We can bring our imaginations to life without the traditional barriers of skill and cost. But what's more exciting about all these new technologies is that they're going to make it extremely easy for anyone to create content. We've already seen how keyboards and computers turned all of us into writers. We've seen how PowerPoint turned all of us into designers.

688.427 - 706.594 Victor Riparbelli

And with AI, everyone is going to be able to be a director producing Hollywood-grade video without needing any training at all. At Syntheser, we've already turned more than a million people into video creators, and it's really fun to see all the things people make videos about, but they don't have to ask their boss because they can just log on and make the videos themselves.

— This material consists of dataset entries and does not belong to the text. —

//! Servers of many clients.
ghost use Rattle.std.specs.Prelude.{◌≡◌, ℕ, Bool, List, false, true};
ghost use Rattle.oa_mux.specs.Answering.{AnswersClient, GivesUp, IsBehindNow};
ghost use Rattle.oa_mux.specs.promise.Marks.{Flush, Of, Tagged};
ghost use Rattle.oa_mux.specs.promise.Readers.{Body, Brought, Ends};
ghost use Rattle.oa_stream.specs.promise.Sink.{IsHandedOn};

use oa_frame::End;
use oa_stream::{Sink, Unwritten};

/// A server of many clients. It may hold replies back, and send those to many requests, of any
/// clients, at once. A body that *comes alone* (REPLACE LIBRARY) is a barrier: a *now* comes before
/// it.
///
/// Contracts see what is sent as a list. Each entry is a client's number and the bytes of a reply
/// without a length, or no bytes after the client's last reply.
pub trait SharedResponder {
    /// The invariant between two turns.
    ghost ready: { Self → Type 0 };

    /// A turn: the state before, the request, what is sent then, the state after.
    ghost turn: { Self → Tagged Brought → List (ℕ × List ℕ) → Self → Type 0 };

    /// The bodies that come alone (barriers): a *now* is made, and the writer flushed, before such
    /// a body is answered.
    ghost barrier: { List ℕ → Bool };

    /// Returns whether a body comes alone, so that held replies have to leave before it.
    fn is_alone(&self, body: &[u8]) -> bool
        ensures { result ≡ barrier body.now };

    /// Answers a body of the client with this number; the body does not come alone. Writes the
    /// replies that are then ready, which may be none. Err: the writer failed.
    fn answer_client<W: Sink>(
        &mut self,
        client: u32,
        body: &[u8],
        writer: &mut W,
    ) -> Result<(), Unwritten>
        requires ready { ready self.old }
        requires unbroken { (W.out writer.old).broken ≡ false }
        requires together { barrier body.now ≡ false }
        ensures answers { AnswersClient turn result (Of client (Body body.now)) (W.out writer.old) (W.out writer.new) self.old self.new }
        ensures ready { ready self.new };

    /// Answers a body of the client with this number that comes alone, after a *now* whose replies
    /// have all left the writer. Writes the reply. Err: the writer failed.
    fn answer_client_alone<W: Sink>(
        &mut self,
        client: u32,
        body: &[u8],
        writer: &mut W,
    ) -> Result<(), Unwritten>
        requires ready { ready self.old }
        requires unbroken { (W.out writer.old).broken ≡ false }
        requires barrier { barrier body.now ≡ true }
        requires now { IsBehindNow turn self.old }
        requires apart { IsHandedOn (W.out writer.old) }
        ensures answers { AnswersClient turn result (Of client (Body body.now)) (W.out writer.old) (W.out writer.new) self.old self.new }
        ensures ready { ready self.new };

    /// Ends the stream of the client with this number: `Closed`, `Cut` or `TooLong`. Writes the
    /// replies that are then ready. Err: the writer failed.
    fn end_client<W: Sink>(
        &mut self,
        client: u32,
        why: End,
        writer: &mut W,
    ) -> Result<(), Unwritten>
        requires ready { ready self.old }
        requires unbroken { (W.out writer.old).broken ≡ false }
        ensures answers { AnswersClient turn result (Of client (Ends why)) (W.out writer.old) (W.out writer.new) self.old self.new }
        ensures ready { ready self.new };

    /// *Now*: commits the open group, and writes all held replies. Err: the writer failed.
    fn commit_now<W: Sink>(&mut self, writer: &mut W) -> Result<(), Unwritten>
        requires ready { ready self.old }
        requires unbroken { (W.out writer.old).broken ≡ false }
        ensures answers { AnswersClient turn result Flush (W.out writer.old) (W.out writer.new) self.old self.new }
        ensures ready { ready self.new };

    /// Commits the open group after the writer has failed: held replies are lost.
    fn abandon_clients(&mut self)
        requires ready { ready self.old }
        ensures gives_up { GivesUp turn self.old self.new }
        ensures ready { ready self.new };
}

707.93 - 728.325 Victor Riparbelli

Why do people make videos? It's not a very well researched area yet, but we've been working with UCL in London to figure out how do we learn differently with video and AI video versus text. We did a study with 400 participants. It's still ongoing. We plan to publish the results sometime next year. But there's some really interesting initial findings.

729.086 - 750.729 Victor Riparbelli

When you just ask people, do you prefer to learn with AI video or text, the results are pretty astonishing. 77% of people prefer to learn through video. So faster and easier content creation will be transformative. But with new technologies, we always invent new media formats. And right now, most AI-generated content is what I call a bridge genre.

751.55 - 768.802 Victor Riparbelli

We're using it to create old formats with new technologies. Just like the first newspapers, sorry, the first websites looked like newspapers on a screen, AI videos today are linear. They have a beginning and an end. They essentially emulate what we can record with a physical camera.